Problem: Please retype every entry, keeping each one exactly as written.

START Data extract

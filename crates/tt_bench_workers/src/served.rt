//! The workers of this repository over the echo core. At each beat each link is told one byte.
ghost use Rattle.std.specs.Prelude.{◌≡◌, ◌<◌, ◌≤◌, All, IfSome};
ghost use Rattle.tt_room.specs.Passes.{IsOf};
ghost use Rattle.tt_workers.specs.Working.{IsReady};

mod telling;

use self::telling::Telling;
use crate::board::Board;
use std::alloc::Global;
use std::net::TcpListener;
use std::sync::Wait;
use std::thread::Threads;
use std::time::Clock;
use tt_edge::TcpDoor;
use tt_edge::echo::EchoCore;
use tt_frame::Framer;
use tt_room::{Pass, Room};
use tt_workers::{Role, Worker, WorkerEnd, run_workers};

/// The byte that the echo core greets each link with.
pub const GREETING: u8 = 254;

/// A worker of a measured server.
type Hand<'a, R> = Worker<EchoCore, TcpDoor<&'a R>, TcpDoor<&'a R>, Telling<'a, R>>;

/// A worker with this role and this pass. None where memory ran out.
fn hand<'a, R>(
    alloc: Global,
    room: &Room<EchoCore>,
    role: Role<TcpDoor<&'a R>, TcpDoor<&'a R>, Telling<'a, R>>,
    pass: Pass<EchoCore>,
) -> Option<Hand<'a, R>>
    requires { IsOf room.now pass }
    ensures { IfSome result (IsReady room.now) }
{
    let Ok(framer) = Framer::new(alloc, 32767) else {
        return None;
    };
    let end = WorkerEnd::Fresh;
    Some(Worker {
        role,
        pass,
        framer,
        end,
    })
}

/// A worker with a handle on the door for each pass. None where memory, or descriptors, ran out.
fn hire<'a, R: Clock>(
    alloc: Global,
    room: &Room<EchoCore>,
    mut passes: Vec<Pass<EchoCore>>,
    door: &TcpDoor<&'a R>,
) -> Option<Vec<Hand<'a, R>>>
    requires { All (IsOf room.now) passes.items }
    ensures { IfSome result (λ workers. All (IsReady room.now) workers.items) }
{
    let mut workers = Vec::new(alloc);
    'hiring: while let Some(pass) = passes.pop() {
        let worker = hand(alloc, room, Role::Game(door.another().ok()?), pass)?;
        match workers.push(worker) {
            Ok(()) => {}
            Err(_) => return None,
        }
    }
    Some(workers)
}

/// All workers: one with the clock, and one with a handle on the socket for each of the passes. None where memory, or
/// descriptors, ran out.
fn hire_all<'a, R: Wait + Clock>(
    rt: &'a R,
    alloc: Global,
    room: &'a Room<EchoCore>,
    mut passes: Vec<Pass<EchoCore>>,
    listener: TcpListener,
    board: &'a Board,
) -> Option<Vec<Hand<'a, R>>>
    requires { All (IsOf room.now) passes.items }
    ensures { IfSome result (λ workers. All (IsReady room.now) workers.items) }
{
    let telling = passes.pop()?;
    let ticking = passes.pop()?;
    let door = TcpDoor::new(rt, listener).ok()?;
    let ticker = Telling::new(rt, alloc, room, telling, board);
    let clock = hand(alloc, room, Role::Ticker(ticker), ticking)?;
    let mut workers = hire(alloc, room, passes, &door)?;
    match workers.push(clock) {
        Ok(()) => Some(workers),
        Err(_) => None,
    }
}

/// Serves a socket with so many handles, until all is done. None where memory, or descriptors, ran out.
pub fn serve<R: Threads + Wait + Clock + Sync>(
    rt: &R,
    alloc: Global,
    listener: TcpListener,
    handles: u32,
    board: &Board,
) -> Option<()>
    requires { handles ≤ 1000 }
{
    let (room, passes) = Room::new(alloc, EchoCore::new(alloc, GREETING), handles + 2).ok()?;
    let mut workers = hire_all(rt, alloc, &room, passes, listener, board)?;
    run_workers(rt, alloc, &room, &mut workers);
    Some(())
}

END Data extract

Response to this task:
filename crates/tt_bench_workers/src/served.rt
//! The workers of this repository over the echo core. At each beat each link is told one byte.
ghost use Rattle.std.specs.Prelude.{◌≡◌, ◌<◌, ◌≤◌, All, IfSome};
ghost use Rattle.tt_room.specs.Passes.{IsOf};
ghost use Rattle.tt_workers.specs.Working.{IsReady};

mod telling;

use self::telling::Telling;
use crate::board::Board;
use std::alloc::Global;
use std::net::TcpListener;
use std::sync::Wait;
use std::thread::Threads;
use std::time::Clock;
use tt_edge::TcpDoor;
use tt_edge::echo::EchoCore;
use tt_frame::Framer;
use tt_room::{Pass, Room};
use tt_workers::{Role, Worker, WorkerEnd, run_workers};

/// The byte that the echo core greets each link with.
pub const GREETING: u8 = 254;

/// A worker of a measured server.
type Hand<'a, R> = Worker<EchoCore, TcpDoor<&'a R>, TcpDoor<&'a R>, Telling<'a, R>>;

/// A worker with this role and this pass. None where memory ran out.
fn hand<'a, R>(
    alloc: Global,
    room: &Room<EchoCore>,
    role: Role<TcpDoor<&'a R>, TcpDoor<&'a R>, Telling<'a, R>>,
    pass: Pass<EchoCore>,
) -> Option<Hand<'a, R>>
    requires { IsOf room.now pass }
    ensures { IfSome result (IsReady room.now) }
{
    let Ok(framer) = Framer::new(alloc, 32767) else {
        return None;
    };
    let end = WorkerEnd::Fresh;
    Some(Worker {
        role,
        pass,
        framer,
        end,
    })
}

/// A worker with a handle on the door for each pass. None where memory, or descriptors, ran out.
fn hire<'a, R: Clock>(
    alloc: Global,
    room: &Room<EchoCore>,
    mut passes: Vec<Pass<EchoCore>>,
    door: &TcpDoor<&'a R>,
) -> Option<Vec<Hand<'a, R>>>
    requires { All (IsOf room.now) passes.items }
    ensures { IfSome result (λ workers. All (IsReady room.now) workers.items) }
{
    let mut workers = Vec::new(alloc);
    'hiring: while let Some(pass) = passes.pop() {
        let worker = hand(alloc, room, Role::Game(door.another().ok()?), pass)?;
        match workers.push(worker) {
            Ok(()) => {}
            Err(_) => return None,
        }
    }
    Some(workers)
}

/// All workers: one with the clock, and one with a handle on the socket for each of the passes. None where memory, or
/// descriptors, ran out.
fn hire_all<'a, R: Wait + Clock>(
    rt: &'a R,
    alloc: Global,
    room: &'a Room<EchoCore>,
    mut passes: Vec<Pass<EchoCore>>,
    listener: TcpListener,
    board: &'a Board,
) -> Option<Vec<Hand<'a, R>>>
    requires { All (IsOf room.now) passes.items }
    ensures { IfSome result (λ workers. All (IsReady room.now) workers.items) }
{
    let telling = passes.pop()?;
    let ticking = passes.pop()?;
    let door = TcpDoor::new(rt, listener).ok()?;
    let ticker = Telling::new(rt, alloc, room, telling, board);
    let clock = hand(alloc, room, Role::Ticker(ticker), ticking)?;
    let mut workers = hire(alloc, room, passes, &door)?;
    match workers.push(clock) {
        Ok(()) => Some(workers),
        Err(_) => None,
    }
}

/// Serves a socket with so many handles, until all is done. None where memory, or descriptors, ran out.
pub fn serve<R: Threads + Wait + Clock + Sync>(
    rt: &R,
    alloc: Global,
    listener: TcpListener,
    handles: u32,
    board: &Board,
) -> Option<()>
    requires { handles ≤ 1000 }
{
    let (room, passes) = Room::new(alloc, EchoCore::new(alloc, GREETING), handles + 2).ok()?;
    let mut workers = hire_all(rt, alloc, &room, passes, listener, board)?;
    run_workers(rt, alloc, &room, &mut workers);
    Some(())
}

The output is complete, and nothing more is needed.